The Café Francis
The Café Francis is the work of George Benjamin Luks, a spirited rebel, illustrator, and painter whose life was as tumultuous as his paintings. Luks’ style can be seen here as conspicuously less genteel than the late 18th and turn of the 19th century Portraiture art in America. Clearly, he was aware of the Modernist revolution occurring in he art studio of Europe.
Instead of the polished, flattering style so typical of portraiture in 1906, Luks’ borderline caricature, thickly laid paint, and gestural brushwork, pokes fun of the upper-class couple he captured here. Luks was one of “The Eight”—a group of early 20th century artists who banded together to promote modern approaches in the United States. The Eight, also known by critics as the Ashcan School, revolted against the “Genteel Tradition,” and were compelled to show New York life as they experienced it: exposing all its realities, roughness, and vitality.

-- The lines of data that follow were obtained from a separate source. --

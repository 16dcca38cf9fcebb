// Wrong expectations: the comparison must notice each of them.
use crate::compare::{Lending, compare};
use test_calls::plants::{CELLS, lay_events, planted};
use test_calls::table::read_rows;
use test_cells::get;
use test_outcome::{Fault, Outcome, try_rows};
use test_slow::Memory;
use test_slow::close::Way;

// As the judge's plants, on the same events, which make the two pairs 1 4 and 2 4: how many of the events; the lending, 16 for slices of 7 and 8 cells or 9 for 2
// and 1; the answer that is told, or SLOW for the right one; the buffer and its cell that is expected wrong, with the earlier slice for the first and the later one
// for the second. But for one thing all is right. Answers how many plants there are, as read_rows does.
fn read_plants(cells: &mut [u16]) -> Option<usize> {
    read_rows(
        "
# the answer is that two pairs are listed, and refused 20 0
5 16 LISTED 1 0 0 none 0
5 16 LISTED 3 0 0 none 0
5 16 REFUSED 20 0 0 none 0
5 9 REFUSED 19 0 0 none 0
5 9 REFUSED 20 4 0 none 0
# of each slice the first and the last cell of the list, the first and the last past it, and the first and the last behind those that are lent
5 16 SLOW 0 0 0 first 0
5 16 SLOW 0 0 0 first 1
5 16 SLOW 0 0 0 first 2
5 16 SLOW 0 0 0 first 6
5 16 SLOW 0 0 0 first 7
5 16 SLOW 0 0 0 first 14
5 16 SLOW 0 0 0 second 0
5 16 SLOW 0 0 0 second 1
5 16 SLOW 0 0 0 second 2
5 16 SLOW 0 0 0 second 7
5 16 SLOW 0 0 0 second 8
5 16 SLOW 0 0 0 second 15
# after 20 all must be as it was
5 9 SLOW 0 0 0 first 0
5 9 SLOW 0 0 0 first 1
5 9 SLOW 0 0 0 second 0
5 9 SLOW 0 0 0 second 1
# of the workspace the first and the last cell that must be 0, and the first and the last that must be as it was; after 20 too
5 16 SLOW 0 0 0 ws 0
5 16 SLOW 0 0 0 ws 12292
5 16 SLOW 0 0 0 ws 12293
5 16 SLOW 0 0 0 ws 12312
5 9 SLOW 0 0 0 ws 0
5 9 SLOW 0 0 0 ws 12292
5 9 SLOW 0 0 0 ws 12293
",
        cells,
        CELLS,
    )
}

fn lending_of(cells: &[u16], row: usize) -> Lending {
    Lending::of(get(cells, ((row % 65536) * CELLS).wrapping_add(1)))
}

pub fn try_all(memory: &mut Memory) -> Outcome {
    let mut events = [0u16; 15];
    let mut cells = [0u16; 240];
    if lay_events(&mut events).is_none() {
        return Err(Fault { number: 0 });
    }
    let rows = read_plants(&mut cells);
    try_rows(rows, |row| {
        let lending = lending_of(&cells, row);
        compare(&events, planted(&cells, row), lending, Way::Right, memory).is_err()
    })
}
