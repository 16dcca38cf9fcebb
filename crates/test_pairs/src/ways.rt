// The wrong ways of the slow list: each must be noticed.
use crate::{far, known};
use test_outcome::{Fault, Outcome};
use test_slow::Memory;
use test_slow::close::Way;

// A wrong way shows in a run that is told, or where events are as far apart as they may be.
fn is_noticed(way: Way, memory: &mut Memory) -> bool {
    known::try_all(way, memory).is_err() || far::at_the_edge(way, memory).is_err()
}

pub fn try_all(memory: &mut Memory) -> Outcome {
    for (number, way) in Way::WRONG.iter().enumerate() {
        if !is_noticed(*way, memory) {
            return Err(Fault { number });
        }
    }
    Ok(Way::WRONG.len())
}
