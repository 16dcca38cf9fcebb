// Events that are as far apart as those of a pair may be, and more than 65,535 pairs.
use crate::compare::{Lending, compare};
use crate::counts::Counts;
use crate::slow::listed;
use test_calls::large::put_one;
use test_calls::lines::lay_row;
use test_calls::table::read_table;
use test_calls::{Answer, Call, Mismatch, judging, roomy, wanting};
use test_outcome::{Outcome, try_each};
use test_samples::events::Kind;
use test_slow::Memory;
use test_slow::close::Way;

const TRIES: usize = 5;

// The try in which two writes are 257 and 256 events before a third.
const EDGE: usize = 1;

// A pair, then two writes by task 2, then reads by task 0, and last its write of the same location: this is 256 and 255 events behind the two, 257 and 256, or 258
// and 257. No other event between them has the location.
fn lay_write(i: usize, events: &mut [u16]) -> Option<Call> {
    read_table(
        "0 fork 1, 1 write 5, 1 halt 0, 0 read 5, 0 fork 2, 2 write 6, 2 write 6, 2 halt 0",
        events,
    )?;
    let last = i.wrapping_add(261);
    put_one(events, last, 0, Kind::Write, 6);
    let call = judging(roomy(last.wrapping_add(1)), i);
    Some(wanting(call, listed(3usize.wrapping_sub(i))))
}

// The writes of a row of tasks stand at 1, 4, 7 and so on to 3,067. All are unordered, and each races with the 85 before it, which are up to 255 events away, or
// with all where they are fewer: 0 + 1 + .. + 84 + 938 * 85 pairs. Task 0 joins all, so its own write at the end races with none.
const PAIRS: usize = 83300;

fn lay_tasks(i: usize, events: &mut [u16]) -> Call {
    lay_row(events, Kind::Write, Kind::Write);
    let call = judging(roomy(4093), i);
    if i == 3 {
        return wanting(call, listed(PAIRS));
    }
    call
}

fn lay(i: usize, events: &mut [u16]) -> Option<Call> {
    if i < 3 {
        return lay_write(i, events);
    }
    Some(lay_tasks(i, events))
}

// Slices that are just long enough, and at last a cell too few for the later positions.
fn lending_of(i: usize) -> Lending {
    if i < 4 {
        Lending::EXACT
    } else {
        Lending::SHORT
    }
}

fn answer(i: usize, way: Way, memory: &mut Memory) -> Answer {
    let mut events = [0u16; 12300];
    let call = lay(i, &mut events).ok_or(Mismatch)?;
    compare(&events, call, lending_of(i), way, memory)
}

pub fn at_the_edge(way: Way, memory: &mut Memory) -> Answer {
    answer(EDGE, way, memory)
}

pub fn try_all(memory: &mut Memory, counts: &mut Counts) -> Outcome {
    try_each(TRIES, |i| counts.take(answer(i, Way::Right, memory)))
}
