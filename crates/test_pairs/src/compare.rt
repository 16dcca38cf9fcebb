// One call for the pairs in dirty buffers: its answer and all cells that it was lent, and some behind them, are held to what the slow list says.
use crate::slow::{Found, cells_written, find, listed, reply_of};
use test_calls::buffers::{holds_both, holds_zeros, lend, soil};
use test_calls::{Answer, Call, Case, Reply, reply_held};
use test_samples::events::lay;
use test_slow::close::Way;
use test_slow::events::Trace;
use test_slow::{Memory, ROOM, Sizes};

// ---- what the slices for the pairs are lent

// How many cells a slice is lent, by the number of pairs. Where there is no pair, one too few is none too.
#[derive(Clone, Copy, PartialEq, Eq)]
pub enum Length {
    Nothing,
    OneTooFew,
    Exact,
    OneMore,
}

impl Length {
    fn of(number: usize) -> Length {
        match number {
            0 => Length::Nothing,
            1 => Length::OneTooFew,
            2 => Length::Exact,
            _ => Length::OneMore,
        }
    }

    fn cells(self, pairs: usize) -> usize {
        let cells = match self {
            Length::Nothing => 0,
            Length::OneTooFew => pairs.saturating_sub(1),
            Length::Exact => pairs,
            Length::OneMore => pairs.wrapping_add(1),
        };
        cells.min(ROOM)
    }
}

// The lengths of both, or those that the sizes of the call say.
#[derive(Clone, Copy, PartialEq, Eq)]
pub enum Lending {
    AsTold,
    By(Length, Length),
}

// Four lengths of the one and four of the other.
pub const LENDINGS: usize = 16;

impl Lending {
    pub const EXACT: Lending = Lending::By(Length::Exact, Length::Exact);

    // A cell too few for the later positions.
    pub const SHORT: Lending = Lending::By(Length::Exact, Length::OneTooFew);

    // What stands in a table as this number.
    pub fn of(number: usize) -> Lending {
        if number < LENDINGS {
            Lending::By(Length::of(number / 4), Length::of(number % 4))
        } else {
            Lending::AsTold
        }
    }

    fn sizes(self, pairs: usize, sizes: Sizes) -> Sizes {
        match self {
            Lending::AsTold => sizes,
            Lending::By(earlier, later) => Sizes {
                first: earlier.cells(pairs),
                second: later.cells(pairs),
                ..sizes
            },
        }
    }
}

// The call where this is found: with what it is lent, and with what must come of it, which is told with it or else what the slow list says.
fn made_of(call: Call, found: Found, lending: Lending, way: Way) -> Call {
    let sizes = lending.sizes(found.pairs, call.sizes);
    let want = match call.want.case {
        Case::Slow => reply_of(found, sizes, way),
        _ => call.want,
    };
    Call {
        sizes,
        want,
        ..call
    }
}

// ---- the call

// What the call itself answers, if it is what it should. So many cells of each slice must hold a pair.
fn list(trace: Trace<'_>, call: Call, written: usize, memory: &Memory) -> Answer {
    let mut ws = [0u16; 45100];
    let mut earlier = [0u16; 83310];
    let mut later = [0u16; 83310];
    soil(&mut ws, call.sizes.ws, call.salt);
    soil(&mut earlier, call.sizes.first, call.salt);
    soil(&mut later, call.sizes.second, call.salt);
    let reply = pairs::list(
        trace.kinds,
        trace.tasks,
        trace.operands,
        lend(&mut ws, call.sizes.ws),
        lend(&mut earlier, call.sizes.first),
        lend(&mut later, call.sizes.second),
    )
    .map_or_else(Reply::from, listed);
    let zeros = holds_zeros(&ws, call, call.want);
    let pairs = holds_both(&earlier, &later, call, written, memory);
    reply_held(reply, call.want, zeros & pairs)
}

// What the call itself answers on a trace of these events, if it is what the slow list says that goes this way. Behind them the slices hold reads of location 0 by
// task 0.
pub fn compare(
    events: &[u16],
    call: Call,
    lending: Lending,
    way: Way,
    memory: &mut Memory,
) -> Answer {
    let mut kinds = [0u8; 32800];
    let mut tasks = [0u16; 32800];
    let mut operands = [0u16; 32800];
    lay(events, &mut kinds, &mut tasks, &mut operands);
    let trace = Trace {
        kinds: &kinds[..call.sizes.kinds.min(32800)],
        tasks: &tasks[..call.sizes.tasks.min(32800)],
        operands: &operands[..call.sizes.operands.min(32800)],
    };
    let found = find(trace, call, way, memory);
    let made = made_of(call, found, lending, way);
    list(trace, made, cells_written(made, found.pairs, way), memory)
}
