// The evidence for the list of close pairs: it is held to a slow one. What it prints is held to the file `stdout`.
#![tactic(auto)]

mod compare;
mod counts;
mod far;
mod known;
mod lengths;
mod plants;
mod random;
mod slow;
mod ways;

use counts::Counts;
use std::io;
use test_outcome::{all_agree, all_noticed, print_all};
use test_slow::Memory;
use test_slow::close::Way;

fn run_told(rt: &impl Print, memory: &mut Memory) -> io::Result<()> {
    all_agree(
        rt,
        "runs that are told: ",
        known::try_all(Way::Right, memory),
    )?;
    all_noticed(rt, "wrong lists that were noticed: ", ways::try_all(memory))?;
    all_noticed(
        rt,
        "wrong expectations that were noticed: ",
        plants::try_all(memory),
    )?;
    Ok(())
}

fn run_others(rt: &impl Print, memory: &mut Memory, counts: &mut Counts) -> io::Result<()> {
    all_agree(rt, "lengths of slices: ", lengths::try_all(memory, counts))?;
    all_agree(
        rt,
        "events far apart, and 83300 pairs: ",
        far::try_all(memory, counts),
    )?;
    all_agree(rt, "traces at random: ", random::try_all(memory, counts))?;
    Ok(())
}

fn run(rt: &impl Print, memory: &mut Memory) -> io::Result<()> {
    let mut counts = Counts::new();
    run_told(rt, memory)?;
    run_others(rt, memory, &mut counts)?;
    print_all(
        rt,
        "  listed; refused 1 to 20; pairs in all:",
        &counts.numbers(),
    )
}

fn main(rt: HostRuntime) -> io::Result<()> {
    let mut memory = Memory::new(rt.alloc())?;
    run(&rt, &mut memory)
}
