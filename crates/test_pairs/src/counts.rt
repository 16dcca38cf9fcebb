// What came of the calls.
use crate::slow::pairs_told;
use test_calls::{Answer, Reply};
use test_outcome::count_at;

// How many calls were listed, how many were refused by each row, and how many pairs the lists have.
#[derive(Clone, Copy)]
pub struct Counts {
    listed: usize,
    refused: [usize; 21],
    pairs: usize,
}

impl Counts {
    pub fn new() -> Counts {
        Counts {
            listed: 0,
            refused: [0; 21],
            pairs: 0,
        }
    }

    fn count(&mut self, reply: Reply) {
        match reply.row() {
            None => self.listed = self.listed.wrapping_add(1),
            Some(row) => count_at(&mut self.refused, row),
        }
        self.pairs = self.pairs.wrapping_add(pairs_told(reply));
    }

    // Counts what came of a call, and says whether it is an answer.
    pub fn take(&mut self, answer: Answer) -> bool {
        match answer {
            Ok(reply) => {
                self.count(reply);
                true
            }
            Err(_) => false,
        }
    }

    // Listed, refused by 1 to 20, and the pairs.
    pub fn numbers(&self) -> [usize; 22] {
        let mut numbers = [0; 22];
        numbers[..21].copy_from_slice(&self.refused);
        numbers[0] = self.listed;
        numbers[21] = self.pairs;
        numbers
    }
}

The Ashcan artists strived to shine a light on the ordinary—rejecting polish and veneer for truthfulness and honesty. Their act of rebellion is reminiscent of the harshly-criticized Impressionists. To add to their radical art, they made the decision to educate Americans about modern art, by bringing it to America in the famous Armory Show of 1913.
Luks was a master of color in oil as well as life. He was a robust man, fond of his drink and the art of boxing, as reflected by the numerous boxing images so often portrayed in his art.
Having spent his youth in Vaudeville, Luks championed the underdog and enjoyed keeping company with those down on their luck. “He is Puck, He is Caliban. He is Fallstaff,” wrote contemporary art critic James Gibbons Huneker of Luks. Then, tragically, Luks body was found in a doorway by a policeman one night in the fall of 1933. Luks died, with the same intensity he lived his life, after a bar-room brawl.